Personne ne répondit, mais bientôt la voix reprit la parole, baissant encore le ton jusqu'à devenir à peine audible.
-Personne ne parle…Personne ne se soucie de toi…à part moi !
-Qui êtes vous ? interrogea Harry, effrayé.
-L'important n'est pas qui je suis…Mais qui tu es ! Ne me réponds pas à voix haute…Il te suffira de penser… et j'entendrai…
-Très bien, alors qui suis-je ? pensa Harry, agacé.
-Personne ! répondit la voix avec sadisme. Tu n'es que l'objet de leurs desseins !
Harry sentit ses yeux s'embuer.
-Non, c'est faux ! hurla-t-il mentalement.
-C'est vrai !… Et tu ne le sais que trop bien !
Des larmes dévalèrent les joues de l'adolescent.
-Veux-tu devenir quelqu'un ? demanda la voix d'un ton mauvais.
-Comment ça ?
-Je pourrais accomplir tes désirs ! continua le murmure.
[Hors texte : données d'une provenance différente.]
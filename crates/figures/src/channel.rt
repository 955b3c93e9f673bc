// The channel of request 05's figures: fields 2500 and 20, rate code 4, interlaced, low_delay 0; eight frames, the first of 4,021
// bytes, the others of 4,022. A film writer sends it, and both checks look at it; a plain writer refuses its first layer.
use crate::film::facts;
use cases::put::put_bytes;
use cases::take::byte;
use layers::PictureKind;
use rate_control::{CbrConfig, CbrGiven, CbrOffered, CbrWriter};
use std::io;
use vbv::RemovalInterval;
use verify::{VbvMode, VbvStandard, VbvStreamReport, VbvVerifyError};

// 16 by 16, square; interlaced 4:2:0; a closed group at 0.
const HEADERS: [u8; 30] =
    *b"\x00\x00\x01\xB3\x01\x00\x10\x14\x02\x71\x20\xA0\x00\x00\x01\xB5\x14\x82\x00\x01\x00\x00\x00\x00\x01\xB8\x00\x08\x00\x40";

// The pictures in the order of the stream: a letter, and what stands after it.
const PICTURES: [(u8, u8); 8] = [
    (b'I', b'\''),
    (b'P', b' '),
    (b'B', b'\''),
    (b'B', b' '),
    (b'P', b'\''),
    (b'B', b' '),
    (b'B', b'\''),
    (b'P', b' '),
];

fn mode(film: bool) -> VbvMode {
    VbvMode {
        standard: VbvStandard::Mpeg2,
        film,
        variable: false,
    }
}

fn config(film: bool) -> CbrConfig {
    CbrConfig {
        mode: mode(film),
        bit_rate_value: 2500,
        vbv_buffer_size_value: 20,
        frame_rate_code: 4,
        frame_rate_extension_n: 0,
        frame_rate_extension_d: 0,
        initial_quantiser_scale_code: 8,
        b_between: 2,
        anchors_per_gop: 4,
    }
}

fn kind(letter: u8) -> PictureKind {
    match letter {
        b'I' => PictureKind::I,
        b'P' => PictureKind::P,
        _ => PictureKind::B,
    }
}

// Puts a picture header of 8 bytes (I) or 9; the place after it.
fn put_header(layer: &mut [u8], kind: PictureKind) -> usize {
    match kind {
        PictureKind::I => put_bytes(layer, 0, b"\x00\x00\x01\x00\x00\x08\x00\x00"),
        PictureKind::P => put_bytes(layer, 0, b"\x00\x00\x01\x00\x00\x10\x00\x03\x80"),
        PictureKind::B => put_bytes(layer, 0, b"\x00\x00\x01\x00\x00\x18\x00\x03\xB8"),
    }
}

// Puts the last two bytes of the coding extension; the place after them.
fn put_flags(layer: &mut [u8], at: usize, repeat: bool) -> usize {
    if repeat {
        return put_bytes(layer, at, b"\x43\x80");
    }
    put_bytes(layer, at, b"\x41\x80")
}

// Puts a picture's headers and the code of a slice, in which zeros follow.
fn put_layer(layer: &mut [u8], kind: PictureKind, repeat: bool) {
    let extension = put_header(layer, kind);
    let flags = put_bytes(layer, extension, b"\x00\x00\x01\xB5\x8F\xFF\xF3");
    let slice = put_flags(layer, flags, repeat);
    put_bytes(layer, slice, b"\x00\x00\x01\x01");
}

// Offers the picture of a letter: the first, an I, with the headers.
fn offer(writer: CbrWriter, first: bool, letter: u8, mark: u8, stream: &mut [u8]) -> CbrOffered {
    let mut layer = [0u8; 65536];
    let kind = kind(letter);
    let shown = facts(letter, mark);
    put_layer(&mut layer, kind, shown.repeat);
    let frame = RemovalInterval::Frame;
    if first {
        return writer.offer(&HEADERS, kind, frame, false, &layer[0..4021], stream);
    }
    writer.offer(b"", kind, frame, false, &layer[0..4022], stream)
}

// Sends the channel by a writer, and prints delay and stuffing of each placed picture: how many bytes it handed out, 0 where it
// refused one.
fn send(rt: &impl Print, film: bool, stream: &mut [u8]) -> io::Result<usize> {
    let Ok(mut writer) = CbrWriter::create(config(film)) else {
        return Ok(0);
    };
    let mut at: usize = 0;
    for (letter, mark) in PICTURES {
        let Some(part) = stream.get_mut(at..) else {
            break;
        };
        let offered = offer(writer, at == 0, letter, mark, part);
        let number = match offered.answer {
            Ok(
                CbrGiven::Placed {
                    q: _,
                    vbv_delay,
                    bytes,
                    stuffing_bytes,
                },
            ) => {
                println!(rt; "{vbv_delay} {stuffing_bytes}")?;
                writer = offered.writer;
                at = at.wrapping_add(bytes as usize);
                continue;
            }
            Ok(CbrGiven::Again(q)) => q,
            Err(error) => error.refusal().number,
        };
        println!(rt; "refused {number}")?;
        return Ok(0);
    }
    Ok(at)
}

// Prints a check's answer: least occupancy after and greatest before; or number, picture, coded and expected delay.
fn print_verified(
    rt: &impl Print,
    verified: Result<VbvStreamReport, VbvVerifyError>,
) -> io::Result<()> {
    match verified {
        Ok(r) => println!(rt;
            "{} {}",
            r.min_occupancy_after_bits, r.max_occupancy_before_bits
        ),
        Err(e) => {
            let r = e.refusal();
            println!(rt; "refused {} {}", r.number, r.picture)?;
            println!(rt; "{} {}", r.coded, r.expected)
        }
    }
}

fn print_checks(rt: &impl Print, stream: &[u8]) -> io::Result<()> {
    let mut records = [0u8; 320];
    rt.print("film check: least after, greatest before; periods\n")?;
    print_verified(rt, verify::verify_in_mode(stream, mode(true), &mut records))?;
    for two in records.chunks(80) {
        println!(rt; "{} {}", byte(two, 32), byte(two, 72))?;
    }
    rt.print("plain check: picture; coded and expected\n")?;
    print_verified(rt, verify::check_in_mode(stream, mode(false), 8))
}

pub(crate) fn print_channel(rt: &impl Print) -> io::Result<()> {
    let mut stream = [0u8; 65536];
    rt.print("plain writer\n")?;
    send(rt, false, &mut stream)?;
    rt.print("film writer: delay and stuffing\n")?;
    let sent = send(rt, true, &mut stream)?;
    match stream.get(..sent) {
        Some(channel) => print_checks(rt, channel),
        None => Ok(()),
    }
}
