// The figures of request 02 (paper 02, 'Rates with extensions'): frame rates of a code, n and d, which of them have one value, and the
// targets that follow.
use rate_control::{CbrConfig, CbrWriter};
use std::io;
use vbv::{VbvError, VbvParams, frame_rate_value, params_of};
use verify::{VbvMode, VbvStandard};

// Codes 1 to 8, n 0 to 3, d 0 to 31.
const TRIPLES: u16 = 1024;

// A code with its extensions.
#[derive(Clone, Copy)]
struct Triple {
    code: u8,
    n: u8,
    d: u8,
}

fn triple_at(k: u16) -> Triple {
    Triple {
        code: (k / 128 % 8 + 1) as u8,
        n: (k / 32 % 4) as u8,
        d: (k % 32) as u8,
    }
}

fn print_triple(rt: &impl Print, t: Triple) -> io::Result<()> {
    print!(rt; "{} {} {}", t.code, t.n, t.d)
}

// A rate, or the number of its refusal.
fn print_rate(rt: &impl Print, code: u8, n: u8, d: u8) -> io::Result<()> {
    print_triple(rt, Triple { code, n, d })?;
    match frame_rate_value(code, n, d) {
        Ok((frn, frd)) => println!(rt; ": {frn}/{frd}"),
        Err(error) => println!(rt; ": refused {}", error.number()),
    }
}

// Fields 2500 and 20 with the frame rate of a triple.
fn params(t: Triple) -> Result<VbvParams, VbvError> {
    let (frn, frd) = frame_rate_value(t.code, t.n, t.d)?;
    Ok(params_of(2500, 20, frn, frd))
}

// Whether two triples have one value.
fn same(a: Triple, b: Triple) -> bool {
    match (params(a), params(b)) {
        (Ok(p), Ok(q)) => p.same(q),
        _ => false,
    }
}

// Whether a triple before k has its value.
fn met_before(k: u16) -> bool {
    (0..k).any(|j| same(triple_at(j), triple_at(k)))
}

fn count_values() -> usize {
    (0..TRIPLES).filter(|k| !met_before(*k)).count()
}

// The triples of a triple's value.
fn print_same(rt: &impl Print, of: Triple) -> io::Result<()> {
    for k in 0..TRIPLES {
        let t = triple_at(k);
        if same(of, t) {
            print_triple(rt, t)?;
            rt.print("\n")?;
        }
    }
    Ok(())
}

// Fields 2500 and 20, two B pictures between anchors, four anchors.
fn print_targets(rt: &impl Print, code: u8, n: u8, d: u8) -> io::Result<()> {
    let made = CbrWriter::create(CbrConfig {
        mode: VbvMode::plain(VbvStandard::Mpeg2),
        bit_rate_value: 2500,
        vbv_buffer_size_value: 20,
        frame_rate_code: code,
        frame_rate_extension_n: n,
        frame_rate_extension_d: d,
        initial_quantiser_scale_code: 1,
        b_between: 2,
        anchors_per_gop: 4,
    });
    print_triple(rt, Triple { code, n, d })?;
    match made {
        Ok(writer) => {
            let [i, p, b] = writer.target_bits;
            println!(rt; ": {i} {p} {b}")
        }
        Err(error) => println!(rt; ": refused {}", error.number()),
    }
}

fn print_lookups(rt: &impl Print) -> io::Result<()> {
    rt.print("frame rate of code, n and d\n")?;
    print_rate(rt, 7, 3, 31)?;
    print_rate(rt, 6, 0, 1)?;
    print_rate(rt, 3, 1, 1)?;
    print_rate(rt, 9, 4, 0)?;
    print_rate(rt, 9, 0, 32)?;
    print_rate(rt, 9, 0, 0)
}

pub(crate) fn print_rates(rt: &impl Print) -> io::Result<()> {
    print_lookups(rt)?;
    rt.print("values of the 1024 triples\n")?;
    print!(rt; "{}", count_values())?;
    rt.print("\ntriples of the value 25\n")?;
    print_same(
        rt,
        Triple {
            code: 3,
            n: 0,
            d: 0,
        },
    )?;
    rt.print("targets of I, P and B, fields 2500 and 20, 2 and 4\n")?;
    print_targets(rt, 3, 0, 0)?;
    print_targets(rt, 3, 1, 1)?;
    print_targets(rt, 6, 0, 1)?;
    print_targets(rt, 9, 4, 0)?;
    print_targets(rt, 9, 0, 0)
}
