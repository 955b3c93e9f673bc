// The figures of request 05 (paper 02, 'Film material'): how many field periods pictures last, in each of the four sequences, and a
// channel that a film writer sends. I P B are frames, i p b fields; ' is repeat_first_field, ^ top_field_first, " both.
use cadence::VbvCadence;
use cases::take::byte;
use picture_header::PictureFacts;
use std::io;
use vbv::periods;

fn is_picture(letter: u8) -> bool {
    matches!(letter, b'I' | b'P' | b'B' | b'i' | b'p' | b'b')
}

// What a picture shows, by its letter and what stands after it.
pub(crate) fn facts(letter: u8, mark: u8) -> PictureFacts {
    PictureFacts {
        anchor: letter != b'B' && letter != b'b',
        field: b'b' <= letter,
        repeat: mark == b'\'' || mark == b'"',
        top: mark == b'^' || mark == b'"',
    }
}

// Prints the periods of a list of pictures.
fn print_periods(
    rt: &impl Print,
    letters: &[u8],
    progressive: bool,
    low_delay: bool,
) -> io::Result<()> {
    let mut k = VbvCadence::opened(true, progressive, low_delay);
    for (at, letter) in letters.iter().enumerate() {
        if is_picture(*letter) {
            let shown = facts(*letter, byte(letters, at + 1));
            print!(rt; " {}", periods(k.interval(shown)))?;
            k = k.after(shown);
        }
    }
    Ok(())
}

// In an interlaced sequence, with low_delay 1, in a progressive one, with low_delay 1.
fn print_list(rt: &impl Print, list: &str) -> io::Result<()> {
    let letters = list.as_bytes();
    print!(rt; "{list}:")?;
    print_periods(rt, letters, false, false)?;
    rt.print(",")?;
    print_periods(rt, letters, false, true)?;
    rt.print(",")?;
    print_periods(rt, letters, true, false)?;
    rt.print(",")?;
    print_periods(rt, letters, true, true)?;
    rt.print("\n")
}

const FRAMES: [&str; 7] = [
    "I' P P",
    "I' B' P",
    "B' I",
    "I\" P",
    "I^ P",
    "I\" B\" P",
    "I' P' B' B P B' P",
];

const FIELDS: [&str; 9] = [
    "I' ip P", "I' p P", "I' p B P", "I' bb P", "I' b P", "I' pb P", "I' bp P", "ip P", "I' ppp P",
];

pub(crate) fn print_film(rt: &impl Print) -> io::Result<()> {
    rt.print(
        "field periods: interlaced, low_delay 1, progressive, progressive with low_delay 1\n",
    )?;
    for list in FRAMES {
        print_list(rt, list)?;
    }
    for list in FIELDS {
        print_list(rt, list)?;
    }
    Ok(())
}
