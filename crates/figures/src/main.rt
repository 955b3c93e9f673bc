// Prints the figures of paper 01 that are not proved: the bytes of three headers, and an end that the model accepts; and those of
// requests 02 and 05.
#![tactic(auto)]

mod channel; // request 05: a channel that a film writer sends
mod film; // request 05: how long pictures last
mod rates; // request 02

use headers::Error;
use headers::gop_header::{Mpeg2Gop, TimeCode};
use headers::sequence_extension::ChromaFormat;
use headers::stream_writer::SequenceHeaderParams;
use std::io;
use vbv::{RemovalInterval, VbvCbrModel, VbvParams, VbvRemovalError};
use writers::gop_header::write_gop_header;
use writers::stream_writer::{write_sequence_extension, write_sequence_header};

// Writes the bytes that were written, as two digits each, or the number of a refusal.
fn print_written(rt: &impl Print, written: Result<usize, Error>, bytes: &[u8]) -> io::Result<()> {
    match written {
        Ok(n) => {
            for (k, b) in bytes.iter().take(n).enumerate() {
                let space = if k == 0 { "" } else { " " };
                print!(rt; "{space}{b:02X}")?;
            }
            rt.print("\n")
        }
        Err(error) => println!(rt; "refused {}", error.number()),
    }
}

fn sequence_header(rt: &impl Print) -> io::Result<()> {
    let params = SequenceHeaderParams {
        horizontal_size: 16,
        vertical_size: 16,
        aspect_ratio_code: 1,
        frame_rate_code: 3,
        bit_rate_value: 2500,
        vbv_buffer_size_value: 20,
        intra_quantiser_matrix: None,
        non_intra_quantiser_matrix: None,
    };
    let mut out = [0xFFu8; 16];
    let written = write_sequence_header(&mut out, params);
    rt.print("sequence header, 16 by 16, square, fields 2500 and 20\n")?;
    print_written(rt, written, &out)
}

fn sequence_extension(rt: &impl Print) -> io::Result<()> {
    let mut out = [0xFFu8; 16];
    let written = write_sequence_extension(&mut out, ChromaFormat::Yuv420, false);
    rt.print("sequence extension, interlaced, 4:2:0\n")?;
    print_written(rt, written, &out)
}

fn group_header(rt: &impl Print) -> io::Result<()> {
    rt.print("group header, closed, at 0\n")?;
    let Some(time_code) = TimeCode::from_display_index(0, 3) else {
        return Ok(());
    };
    let gop = Mpeg2Gop {
        time_code,
        closed_gop: true,
        broken_link: false,
    };
    let mut out = [0xFFu8; 16];
    let written = write_gop_header(&mut out, gop);
    print_written(rt, written, &out)
}

// A removal with this end, at R = 1,000,000, B = 327,680 and 25 frames, after a start at 1,000 with the delay 22,118.
fn remove(end_bits: u64) -> Result<VbvCbrModel, VbvRemovalError> {
    let params = VbvParams {
        bit_rate: 1000000,
        buffer_size_bits: 327680,
        frn: 25,
        frd: 1,
    };
    let started = VbvCbrModel::new(params)?.start(22118, 1000)?;
    started.remove_picture(end_bits, RemovalInterval::Frame)
}

fn model_end(rt: &impl Print) -> io::Result<()> {
    rt.print("end 246755 after a start at 1000 with delay 22118\n")?;
    match remove(246755) {
        Ok(_) => rt.print("accepted\n"),
        Err(_) => rt.print("refused\n"),
    }
}

fn main(rt: HostRuntime) -> io::Result<()> {
    sequence_header(&rt)?;
    sequence_extension(&rt)?;
    group_header(&rt)?;
    model_end(&rt)?;
    rates::print_rates(&rt)?;
    film::print_film(&rt)?;
    channel::print_channel(&rt)
}
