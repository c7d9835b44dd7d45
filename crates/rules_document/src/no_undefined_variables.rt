//! Each variable that an operation uses is defined by the operation (GraphQL, October 2021, section 5.8.3).

ghost use Rattle.std.specs.Prelude.{◌≡◌, ◌<◌, ◌∷◌, [], List, Some, IfOk, OnOk, OnErr, map, option_map, string_bytes, vec_len};
ghost use Rattle.walk.specs.ContextState.{with_errors};
ghost use Rattle.walk.specs.Rule.{any_value};
ghost use Rattle.walk.specs.Step.{KeepsPlace};
ghost use Rattle.operation_scopes.specs.Searches.{IsReady};
ghost use Rattle.variable_usages.specs.DocumentIndex.{IsDocumentIndex};
ghost use Rattle.variable_usages.specs.Undefined.{Undefined, UndefinedNumbered, UndefinedVariables, undefined_of};
ghost use Rattle.rules_document.specs.AtDocument.{document_step, given_at_end};
ghost use Rattle.rules_document.specs.AtDocumentLaws.{document_keeps};
ghost use Rattle.rules_document.specs.NoUndefinedVariablesLaws.{undefineds_silent};
ghost use Rattle.rules_document.specs.NoUndefinedVariables.{undefined_error, undefined_errors, undefined_message};
ghost use Rattle.rules_document.specs.UsedVariables.{AllDefined};

use language::error::OutOfMemory;
use language::tree::Document;
use meta::check::CheckedScalar;
pub use operation_scopes::scope::Scope;
use std::alloc::{AllocError, Global};
use std::marker::PhantomData;
use variable_usages::document_index::{DocumentIndex, index_document};
use variable_usages::undefined::{UndefinedVariable, is_any_used, undefined_by};
use variable_usages::uses::{UseSearch, new_use_search};
use walk::{Criterion, Event, Fresh, Machine, Rule, SettledRule, ValidatorContext, Visitor};

/// Reports, where the document ends, each use of a variable that is not defined: at the argument's value, and at the
/// operation.
///
/// Operations of the same name count as one: it reaches all that they reach, and has the variables of the last of them.
#[derive(Drop)]
pub struct NoUndefinedVariables<'a> {
    alloc: Global,
    document: PhantomData<&'a str>,
}

/// Makes the rule, for one document.
pub fn factory<'a>(alloc: Global) -> NoUndefinedVariables<'a>
    ensures { ⟦<NoUndefinedVariables<'a> as Fresh>⟧.fresh result }
{
    NoUndefinedVariables {
        alloc,
        document: PhantomData,
    }
}

impl<'a> Fresh for NoUndefinedVariables<'a> {
    ghost fresh = { any_value };
}

impl<'a, S, C> Machine<S, C> for NoUndefinedVariables<'a> {
    ghost step = { document_step undefined_errors };
}

impl<'a, S, C> Rule<S, C> for NoUndefinedVariables<'a> {
    ghost allows = { given_at_end undefined_errors };

    ghost keeps = { document_keeps undefined_errors };
}

impl<'a, S, C> Criterion<S, C> for NoUndefinedVariables<'a> {
    ghost finds_nothing = { λ scope t doc. AllDefined doc };
}

impl<'a, S, C> SettledRule<S, C> for NoUndefinedVariables<'a> {
    ghost silent = { undefineds_silent };
}

impl<'a, S: CheckedScalar> Visitor<'a, S> for NoUndefinedVariables<'a> {
    fn on(
        &mut self,
        ctx: &mut ValidatorContext<'a, S>,
        event: &Event<'a, S>,
    ) -> Result<(), OutOfMemory> {
        match *event {
            Event::ExitDocument(document) => {
                let names = ctx.numbered_names(document)?;
                let index = index_document(self.alloc, document, names)?;
                report_undefined(self.alloc, ctx, document, &index)
            }
            _ => Ok(()),
        }
    }
}

// Reports each of these.
fn report_all<'a, S: CheckedScalar>(
    alloc: Global,
    ctx: &mut ValidatorContext<'a, S>,
    found: &[UndefinedVariable<'_>],
) -> Result<(), OutOfMemory>
    ensures ok { OnOk result (ctx.new ≡ with_errors ctx.old (map undefined_error (map undefined_of found.now))) }
    ensures err { OnErr result (KeepsPlace ctx.old ctx.new) }
{
    for variable in found {
        report(alloc, ctx, variable)?;
    }
    Ok(())
}

// Reports a variable, unless no more errors are kept.
fn report<'a, S: CheckedScalar>(
    alloc: Global,
    ctx: &mut ValidatorContext<'a, S>,
    variable: &UndefinedVariable<'_>,
) -> Result<(), OutOfMemory>
    ensures ok { OnOk result (ctx.new ≡ with_errors ctx.old (undefined_error (undefined_of variable.now) ∷ [])) }
    ensures err { OnErr result (KeepsPlace ctx.old ctx.new) }
{
    if ctx.is_full() {
        return Ok(());
    }
    let message = error_message(alloc, variable.name, variable.operation)?;
    ctx.report_error(
        message.as_str(),
        &[variable.place, variable.operation_place],
    )
}

// Reports those of the name with this number, unless no more errors are kept. Their list is dropped here: the lists of
// all names together can be far longer than the document.
fn report_numbered<'a, 'd, S: CheckedScalar>(
    alloc: Global,
    ctx: &mut ValidatorContext<'a, S>,
    document: Document<'d, S>,
    index: &DocumentIndex<'d>,
    number: usize,
    search: &mut UseSearch<'d>,
) -> Result<(), OutOfMemory>
    requires indexed { IsDocumentIndex document.now index.now }
    requires ready { IsReady index.now.scopes search.old.search }
    requires numbered { number < vec_len index.now.scopes.names }
    ensures ok { OnOk result ((found : List Undefined) × UndefinedNumbered document.now index.now.scopes number found
        × (ctx.new ≡ with_errors ctx.old (map undefined_error found))) }
    ensures ready { OnOk result (IsReady index.now.scopes search.new.search) }
    ensures err { OnErr result (KeepsPlace ctx.old ctx.new) }
{
    if ctx.is_full() {
        return Ok(());
    }
    let found = undefined_by(alloc, document, index, number, search)?;
    report_all(alloc, ctx, found.as_slice())
}

/// Reports each use of a variable that is not defined, by the document's index.
///
/// # Errors
///
/// Out of memory. The types at hand stay; some of the errors may be reported then.
pub fn report_undefined<'a, 'd, S: CheckedScalar>(
    alloc: Global,
    ctx: &mut ValidatorContext<'a, S>,
    document: Document<'d, S>,
    index: &DocumentIndex<'d>,
) -> Result<(), OutOfMemory>
    requires { IsDocumentIndex document.now index.now }
    ensures ok { OnOk result ((found : List Undefined) × UndefinedVariables document.now found
        × (ctx.new ≡ with_errors ctx.old (map undefined_error found))) }
    ensures err { OnErr result (KeepsPlace ctx.old ctx.new) }
{
    if !is_any_used(index.uses.as_slice()) {
        return Ok(());
    }
    let mut search = new_use_search(alloc, &index.scopes)?;
    for number in 0..index.scopes.names.len() {
        report_numbered(alloc, ctx, document, index, number, &mut search)?;
    }
    Ok(())
}

fn named_message(alloc: Global, name: &str, called: &str) -> Result<String, AllocError>
    ensures { IfOk result (λ message. string_bytes message ≡ undefined_message name.now (Some called.now)) }
{
    format!(in alloc; "Variable \"${name}\" is not defined by operation \"{called}\"")
}

fn error_message(alloc: Global, name: &str, operation: Option<&str>) -> Result<String, AllocError>
    ensures { IfOk result (λ message. string_bytes message ≡
        undefined_message name.now (option_map (λ n. n.now) operation.entry)) }
{
    match operation {
        Some(called) => named_message(alloc, name, called),
        None => format!(in alloc; "Variable \"${name}\" is not defined"),
    }
}
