//! Whether a variable may stand where it is used, by its own default value and that of the place.

ghost use Rattle.std.specs.Prelude.{◌≡◌, ◌||◌, ◌↔◌, IsTrue};
ghost use Rattle.language_types.specs.Types.{borrowed_shape, is_never_null};
ghost use Rattle.rules_specified_uses.specs.ValueUses.{use_value, UseValue};
ghost use Rattle.rules_specified_positions.specs.Usages.{has_usable_default, is_null, type_to_fit, Fits, IsAllowed};
ghost use Rattle.rules_specified_positions.specs.Usages.{Judged};

use language::error::OutOfMemory;
use language::tree::VariableDefinition;
use language::types::BorrowedType;
use language::value::InputValue;
use meta::check::CheckedScalar;
use rules_positions::first_variables::VariableEntry;
use rules_positions::judged_uses::Judge;
use rules_positions::judging::position_message;
use rules_specified_uses::value_uses::PlacedUse;
use schema::model::SchemaTypeOf;
use std::alloc::Global;
use walk::ValidatorContext;

fn is_null<S>(value: &InputValue<S>) -> bool
    ensures { result ≡ is_null value.now }
{
    match value {
        InputValue::Null => true,
        InputValue::Scalar(_)
        | InputValue::Enum(_)
        | InputValue::Variable(_)
        | InputValue::List(_)
        | InputValue::Object(_) => false,
    }
}

// Whether a variable has a default value other than `null`.
fn has_usable_default<S>(definition: &VariableDefinition<'_, S>) -> bool
    ensures { result ≡ has_usable_default definition.now }
{
    match &definition.default_value {
        Some(value) => !is_null(&value.item),
        None => false,
    }
}

// Whether a default value stands for `null` where a variable is used: that of the variable, or that of the place.
fn has_default<S>(definition: &VariableDefinition<'_, S>, found: &PlacedUse<'_>) -> bool
    ensures { result ≡ (has_usable_default definition.now || found.now.has_default) }
{
    has_usable_default(definition) || found.has_default
}

fn is_never_null(t: BorrowedType<'_>) -> bool
    ensures { result ≡ is_never_null (borrowed_shape t.entry) }
{
    t.is_non_null()
}

// The type that a variable of a type has to fit at a place. Where a default value stands for `null`, the place may be
// non-null.
fn type_to_fit<'a>(
    has_default: bool,
    variable: BorrowedType<'_>,
    place: BorrowedType<'a>,
) -> BorrowedType<'a>
    ensures { borrowed_shape result
        ≡ type_to_fit has_default (borrowed_shape variable.entry) (borrowed_shape place.entry) }
{
    if has_default && (is_never_null(place) && !is_never_null(variable)) {
        place.borrow_inner()
    } else {
        place
    }
}

// Whether a type fits another: it is below it, and the names are the same.
fn fits<S, C>(
    schema: &SchemaTypeOf<S, C>,
    variable: BorrowedType<'_>,
    place: BorrowedType<'_>,
) -> bool
    ensures { IsTrue result
        ↔ Fits schema.now.types (borrowed_shape variable.entry) (borrowed_shape place.entry) }
{
    if variable.innermost_name() == place.innermost_name() {
        schema.is_subtype(variable, place)
    } else {
        false
    }
}

// Whether a variable may stand where it is used.
fn is_allowed<S, C>(
    schema: &SchemaTypeOf<S, C>,
    definition: &VariableDefinition<'_, S>,
    found: &PlacedUse<'_>,
) -> bool
    ensures { IsTrue result ↔ IsAllowed schema.now.types definition.now (use_value found.now).at }
{
    let variable = definition.var_type.item.as_borrowed();
    let nullable = has_default(definition, found);
    let place = type_to_fit(nullable, variable, found.expected);
    fits(schema, variable, place)
}

/// Judges whether a variable's type fits the place where it is used, by the default values of both.
pub struct ByDefaults;

impl<'u, S: CheckedScalar> Judge<S, PlacedUse<'u>> for ByDefaults {
    ghost value_type = { UseValue };

    ghost value = { use_value };

    ghost variable_of = { λ u. u.variable };

    ghost judged = { Judged };

    fn variable<'t>(found: &'t PlacedUse<'u>) -> &'t str {
        found.variable
    }

    fn judge<'a>(
        alloc: Global,
        ctx: &mut ValidatorContext<'a, S>,
        entry: &VariableEntry<'_, S>,
        found: &PlacedUse<'u>,
    ) -> Result<(), OutOfMemory> {
        if is_allowed(ctx.schema, &entry.1, found) {
            return Ok(());
        }
        if ctx.is_full() {
            return Ok(());
        }
        let written = entry.1.var_type.item.as_borrowed();
        let message = position_message(alloc, found.variable, written, found.expected)?;
        ctx.report_error(message.as_str(), &[entry.0.span.start, found.place])
    }
}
Je pourrais faire de toi…quelqu'un !
Harry releva la tête et s'essuya les yeux.
-Oui !...Oui, je le veux ! assura-t-il par la pensée.
-Dans ce cas…Mets l'anneau ! lui ordonna la voix.
Harry obéit sans réfléchir et enfila le bijou à son majeur. A l'instant même, l'anneau devint brûlant et la cicatrice du Gryffondor fut traversée d'un spasme insoutenable qui lui arracha un cri de douleur. Puis l'anneau s'effaça de son doigt comme s'il n'avait jamais existé.
-Qu'il en soit ainsi ! murmura la voix cruellement amusée.